Colfer is still performing: he will appear in the forthcoming Absolutely Fabulous film, based on the British TV series, and will guest star on Julie’s Greenroom, a new Netflix series for preschoolers created by Julie Andrews and her daughter, Emma Walton Hamilton, featuring puppets from the Jim Henson Company, which is scheduled to start airing in 2017. He admits that after Glee he needed a break. “Even people in the industry don’t quite understand how grueling the schedule was. It’s one thing to shoot a new episode of an hour-long TV show every week, but we were in constant rehearsal to learn new songs, new dances, new performances,” Colfer said. “I’m still tired from it.”

It was after he broke out as one of the ensemble show’s stars, however, that Colfer was initially approached about writing. “The whole book deal came about because being on a TV show got some people to think I should write my autobiography,” he said. “I was 19. I didn’t think I was old enough to write my autobiography. But I had had this idea for a series about fairy tales since I was seven so I asked if I could write that instead.” Continuing the series not only has allowed him to exercise his fertile imagination, but occasionally allows him to stay in his pajamas all day. “I love the schedule,” he said.

And though, initially, Colfer was opposed to seeing his books turned into films, he’s come around on that topic and is in active talks about adapting Alex and Conner’s story for the big screen. “When the first and second book came out and these conversations about a film started, I mean, readers would be furious if they knew what was being suggested. I had people who wanted to age Alex and Conner up, make them high school age. I had someone suggest, ‘Maybe they’re not brother and sister. Maybe they’re boyfriend and girlfriend?’ I had to try very hard not to roll my eyes or throw up,” Colfer said.

He repeatedly said “No, thank you,” allowing the series to build in popularity, which has given him more leverage. Last year’s fourth volume, Beyond the Kingdoms, debuted at #1 on the New York Times bestseller list and stayed on the list for the next 11 weeks. Sales of the previous titles rose significantly, too, suggesting new readers were binge-reading to catch up. Colfer says his patience may pay off.
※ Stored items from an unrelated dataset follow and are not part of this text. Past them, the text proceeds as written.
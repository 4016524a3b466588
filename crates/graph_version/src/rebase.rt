//! Version 0 of a store that opens with what a version holds.

ghost use Rattle.std.specs.Prelude.{◌≡◌, ◌≢◌, ◌++◌, ℕ, [], length, map, slice_index_or, All, AllPairs, IfOk, OnOk};
ghost use Rattle.graph_types.specs.Graph.{graph_in, stamp_of};
ghost use Rattle.edge_block.specs.Slots.{IsStamp};
ghost use Rattle.graph_version.specs.Rows.{row_of, blocks_of, numbers_of, Replaces};
ghost use Rattle.graph_version.specs.Sharing.{block_value, block_values};
ghost use Rattle.graph_version.specs.Versions.{content};
ghost use Rattle.graph_version.specs.Kept.{opening_graph};
ghost use Rattle.graph_version.specs.Edges.{edges_in_block, edges_in_blocks};
ghost use Rattle.graph_version.specs.Rebased.{AreCopies, IsRebased, rows_like, unnumbered};

use crate::batch_log::{BatchLog, keeps_batches};
use crate::lending::all_edges;
use crate::listed::ListedContent;
use crate::opening::Opening;
use crate::rows::Rows;
use crate::versions::Version;
use edge_block::Block;
use graph_types::{Content, Edge, List, Name, VertexId};
use std::alloc::{AllocError, Global};
use std::sync::Arc;
use vertex_names::NameBook;

impl Version {
    /// Version 0 of a store that opens with what this version holds. It begins with this version's content, and its rows are
    /// these blocks: of different numbers, each with the source, kind and slots of one of this version's blocks, in order of
    /// sources and rows.
    pub fn rebased(&self, blocks: Vec<Arc<Block>>) -> Result<Version, AllocError>
        requires { AreCopies self.now.rows (block_values blocks.items) }
        ensures rebased { IfOk result (λ version. IsRebased self.now version) }
        ensures blocks { IfOk result (λ version. blocks_of version.rows ≡ block_values blocks.items) }
    {
        let alloc = *blocks.allocator();
        Ok(Version {
            opening: self.as_opening(alloc)?,
            names: self.names.share()?,
            kinds: self.kinds.share()?,
            batches: BatchLog::new(alloc, keeps_batches(self.opening.limits())),
            rows: rows_over(alloc, &self.rows, blocks.as_slice())?,
            edges: self.edges,
        })
    }

    /// Version 0 of a store that opens with what this version holds, as [`Version::rebased`], over the very rows and blocks of this
    /// one. It takes memory and time by rows, 8,192 at a time, and not by blocks or edges; where batches are kept, also for the
    /// content as plain lists.
    pub fn reopened(&self, alloc: Global) -> Result<Version, AllocError>
        ensures rebased { IfOk result (IsRebased self.now) }
        ensures rows { IfOk result (λ version. version.rows ≡ self.now.rows) }
    {
        Ok(Version {
            opening: self.as_opening(alloc)?,
            names: self.names.share()?,
            kinds: self.kinds.share()?,
            batches: BatchLog::new(alloc, keeps_batches(self.opening.limits())),
            rows: self.rows.share()?,
            edges: self.edges,
        })
    }

    /// These blocks, as many as this version has and of different numbers, with what this version's blocks hold, in order of
    /// sources and rows: those of [`Version::rebased`].
    ///
    /// After a refused growth the blocks are given up.
    pub fn copied_into(&self, mut blocks: Vec<Arc<Block>>) -> Result<Vec<Arc<Block>>, AllocError>
        requires many { length blocks.items ≡ length (blocks_of self.now.rows) }
        requires apart { AllPairs ◌≢◌ (map (λ b. (block_value b).number) blocks.items) }
        ensures copies { IfOk result (λ copies. AreCopies self.now.rows (block_values copies.items)) }
        ensures numbers { IfOk result (λ copies.
            numbers_of (block_values copies.items) ≡ map (λ b. (block_value b).number) blocks.items) }
    {
        let held = blocks_in(*blocks.allocator(), &self.rows)?;
        copy_each(blocks.as_mut_slice(), held.as_slice())?;
        Ok(blocks)
    }

    /// Its content as an opening: as plain lists where batches are kept, and else in the proofs alone.
    fn as_opening(&self, alloc: Global) -> Result<Opening, AllocError>
        ensures { IfOk result (λ opening. opening_graph opening ≡ content self.now) }
    {
        let limits = self.opening.limits();
        if keeps_batches(limits) {
            Ok(Opening::Shared(Arc::new(alloc, self.contents(alloc)?)?))
        } else {
            Ok(Opening::told(alloc, self, limits))
        }
    }

    /// Its content as plain lists.
    fn contents(&self, alloc: Global) -> Result<ListedContent, AllocError>
        ensures { IfOk result (λ listed. graph_in listed.limits listed.content ≡ content self.now) }
    {
        let content = Content {
            names: List::of(names_in(alloc, &self.names)?),
            kinds: List::of(names_in(alloc, &self.kinds)?),
            edges: List::of(edges_in(alloc, &self.rows)?),
        };
        Ok(ListedContent {
            content,
            limits: self.opening.limits(),
        })
    }
}

/// The names of a book, in order.
pub(crate) fn names_in(alloc: Global, book: &NameBook) -> Result<Vec<Name>, AllocError>
    ensures names { IfOk result (λ names. names.items ≡ book.now.names) }
    ensures distinct { IfOk result (λ names. AllPairs (λ a b. a ≢ b) names.items) }
{
    let count = book.len();
    let mut names = Vec::with_capacity(alloc, count)?;
    for number in 0..count {
        names.push(name_at(alloc, book, number as u32)?)?;
    }
    Ok(names)
}

/// A copy of the name of a number.
fn name_at(alloc: Global, book: &NameBook, number: u32) -> Result<Name, AllocError>
    ensures { IfOk result (λ name. name ≡ slice_index_or book.now.names number []) }
{
    match book.name(number) {
        Some(text) => Ok(Name::of(String::from_str(alloc, text)?)),
        None => Ok(Name::of(String::new(alloc))),
    }
}

/// The blocks of rows, in order of sources and rows, shared.
fn blocks_in(alloc: Global, rows: &Rows) -> Result<Vec<Arc<Block>>, AllocError>
    ensures { IfOk result (λ blocks. block_values blocks.items ≡ blocks_of rows.now) }
{
    let mut blocks = Vec::new(alloc);
    for source in 0..rows.len() {
        push_blocks(&mut blocks, rows.row_blocks(VertexId(source as u32)))?;
    }
    Ok(blocks)
}

/// Adds blocks, shared.
fn push_blocks(blocks: &mut Vec<Arc<Block>>, row: &[Arc<Block>]) -> Result<(), AllocError>
    ensures { OnOk result (block_values blocks.new.items ≡ block_values blocks.old.items ++ block_values row.now) }
{
    for block in row {
        blocks.push(Arc::try_clone(block)?)?;
    }
    Ok(())
}

/// Gives each block what the one at its place holds; each keeps its number.
fn copy_each(blocks: &mut [Arc<Block>], held: &[Arc<Block>]) -> Result<(), AllocError>
    requires { length held.now ≡ length blocks.old }
    ensures same { OnOk result (map unnumbered (block_values blocks.new) ≡ map unnumbered (block_values held.now)) }
    ensures numbers { OnOk result (numbers_of (block_values blocks.new) ≡ numbers_of (block_values blocks.old)) }
{
    for place in 0..held.len() {
        Arc::make_mut(&mut blocks[place])?.copy_from(&held[place]);
    }
    Ok(())
}

/// The edges of rows, block by block, slots rising.
pub(crate) fn edges_in(alloc: Global, rows: &Rows) -> Result<Vec<Edge>, AllocError>
    ensures edges { IfOk result (λ edges. edges.items ≡ edges_in_blocks (blocks_of rows.now)) }
    ensures stamps { IfOk result (λ edges. All (λ e. IsStamp (stamp_of e)) edges.items) }
{
    let mut edges = Vec::new(alloc);
    for source in 0..rows.len() {
        push_row(&mut edges, rows.row_blocks(VertexId(source as u32)))?;
    }
    Ok(edges)
}

/// Adds the edges of blocks.
fn push_row(edges: &mut Vec<Edge>, blocks: &[Arc<Block>]) -> Result<(), AllocError>
    ensures edges { OnOk result (edges.new.items ≡ edges.old.items ++ edges_in_blocks (block_values blocks.now)) }
    ensures stamps { OnOk result (All (λ e. IsStamp (stamp_of e)) edges.old.items → All (λ e. IsStamp (stamp_of e)) edges.new.items) }
{
    for block in blocks {
        push_edges(edges, block)?;
    }
    Ok(())
}

/// Adds a block's edges, in slot order.
fn push_edges(edges: &mut Vec<Edge>, block: &Block) -> Result<(), AllocError>
    ensures edges { OnOk result (edges.new.items ≡ edges.old.items ++ edges_in_block block.now) }
    ensures stamps { OnOk result (All (λ e. IsStamp (stamp_of e)) edges.old.items → All (λ e. IsStamp (stamp_of e)) edges.new.items) }
{
    let source = block.source();
    for edge in all_edges(block) {
        edges.push(Edge {
            kind: edge.kind,
            source,
            target: VertexId(*edge.target),
            weight: *edge.weight,
            first: *edge.first,
            recent: *edge.recent,
        })?;
    }
    Ok(())
}

/// These blocks in rows, each as long as the one of these rows.
fn rows_over(alloc: Global, rows: &Rows, blocks: &[Arc<Block>]) -> Result<Rows, AllocError>
    requires { length (block_values blocks.now) ≡ length (blocks_of rows.now) }
    ensures { IfOk result (λ copy. (s : ℕ) → row_of copy s ≡ row_of (rows_like rows.now (block_values blocks.now)) s) }
{
    let mut copy = Rows::new(alloc);
    let mut left = blocks;
    for place in 0..rows.len() {
        let source = VertexId(place as u32);
        let (row, rest) = left.split_at(rows.row_blocks(source).len());
        copy = with_row(alloc, copy, source, row)?;
        left = rest;
    }
    Ok(copy)
}

/// The rows with these blocks as the row of a source that has none.
fn with_row(
    alloc: Global,
    rows: Rows,
    source: VertexId,
    blocks: &[Arc<Block>],
) -> Result<Rows, AllocError>
    requires { row_of rows source.0 ≡ [] }
    ensures { IfOk result (λ copy. Replaces source.0 (block_values blocks.now) rows copy) }
{
    if blocks.is_empty() {
        return Ok(rows);
    }
    let mut row = Vec::new(alloc);
    push_blocks(&mut row, blocks)?;
    rows.replace_row(source, row)
}
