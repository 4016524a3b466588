//! Pages of batches.

ghost use Rattle.std.specs.Prelude.{◌≡◌, ◌++◌, ◌∷◌, [], slice_get, option_copied, IfOk, OnOk, OnErr};
ghost use Rattle.graph_version.specs.Batches.{batch_value};

use graph_types::Batch;
use std::alloc::{AllocError, Global};
use std::marker::Model;
use std::sync::Arc;
use std::vec::VecCloneMethods;

/// How many batches stand in one page.
pub(crate) const PAGE: usize = 16;

/// At most 16 batches that follow one another.
pub(crate) struct BatchPage {
    batches: Vec<Arc<Batch>>,
}

// By hand, so that who lets one go need not take it apart.
impl Drop for BatchPage {
    fn drop(self) {
        let BatchPage { batches: _batches } = self;
    }
}

impl Model for BatchPage {
    ghost use Rattle.std.specs.Prelude.{List, map};
    ghost use Rattle.graph_types.specs.declared.batches.NamedOp.{NamedOp};
    ghost use Rattle.graph_version.specs.Batches.{batch_value};

    ghost Value = { List (List NamedOp) };

    ghost view = { λ page. map batch_value page.batches.items };
}

impl Clone for BatchPage {
    ghost is_clone = { λ page copy. copy ≡ page };

    // With room for all that a page can have, so that the push behind a copy asks for no memory.
    fn clone(&self) -> Result<BatchPage, AllocError> {
        let mut batches = Vec::with_capacity(*self.batches.allocator(), PAGE)?;
        VecCloneMethods::extend_from_slice(&mut batches, &self.batches)?;
        Ok(BatchPage { batches })
    }
}

impl BatchPage {
    /// The page of one batch.
    pub(crate) fn of(alloc: Global, batch: Arc<Batch>) -> Result<BatchPage, AllocError>
        ensures { IfOk result (λ page. page ≡ batch_value batch ∷ []) }
    {
        let mut batches = Vec::new(alloc);
        batches.push(batch)?;
        Ok(BatchPage { batches })
    }

    /// The batch at a place.
    pub(crate) fn get(&self, place: usize) -> Option<&Batch>
        ensures { option_copied result ≡ slice_get self.now place }
    {
        let batch = self.batches.get(place)?;
        Some(&**batch)
    }

    /// One more batch.
    pub(crate) fn push(&mut self, batch: Arc<Batch>) -> Result<(), AllocError>
        ensures pushed { OnOk result (self.new ≡ self.old ++ batch_value batch ∷ []) }
        ensures unchanged { OnErr result (self.new ≡ self.old) }
    {
        self.batches.push(batch)?;
        Ok(())
    }
}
“Many people thought I was an absolute idiot for just not selling it off to the highest bidder, but these are stories I have been carrying around almost my whole life so the series is important to me,” Colfer said. “I don’t want it to be someone’s interpretation of The Land of Stories. What they say about books made into films is that a great adaptation will immortalize the book but a terrible movie will kill it. I want a great movie because I still have so much planned for future books, maybe even a prequel series. So I want to make sure if it gets done, it is done well.”

Colfer will close out the year with the release of his second YA novel, Stranger Than Fan Fiction, a semi-autobiographical bildungsroman about the lead actor of a hit television show who shocks a quartet of fans when he accepts their invitation to go on a cross-country road trip with them. Little, Brown has scheduled it for a December release.

“It’s not the biography people initially wanted but I do realize that growing up on a TV show is a unique adolescence,” Colfer said. “So this is sort of my fictionalized coming of age story.”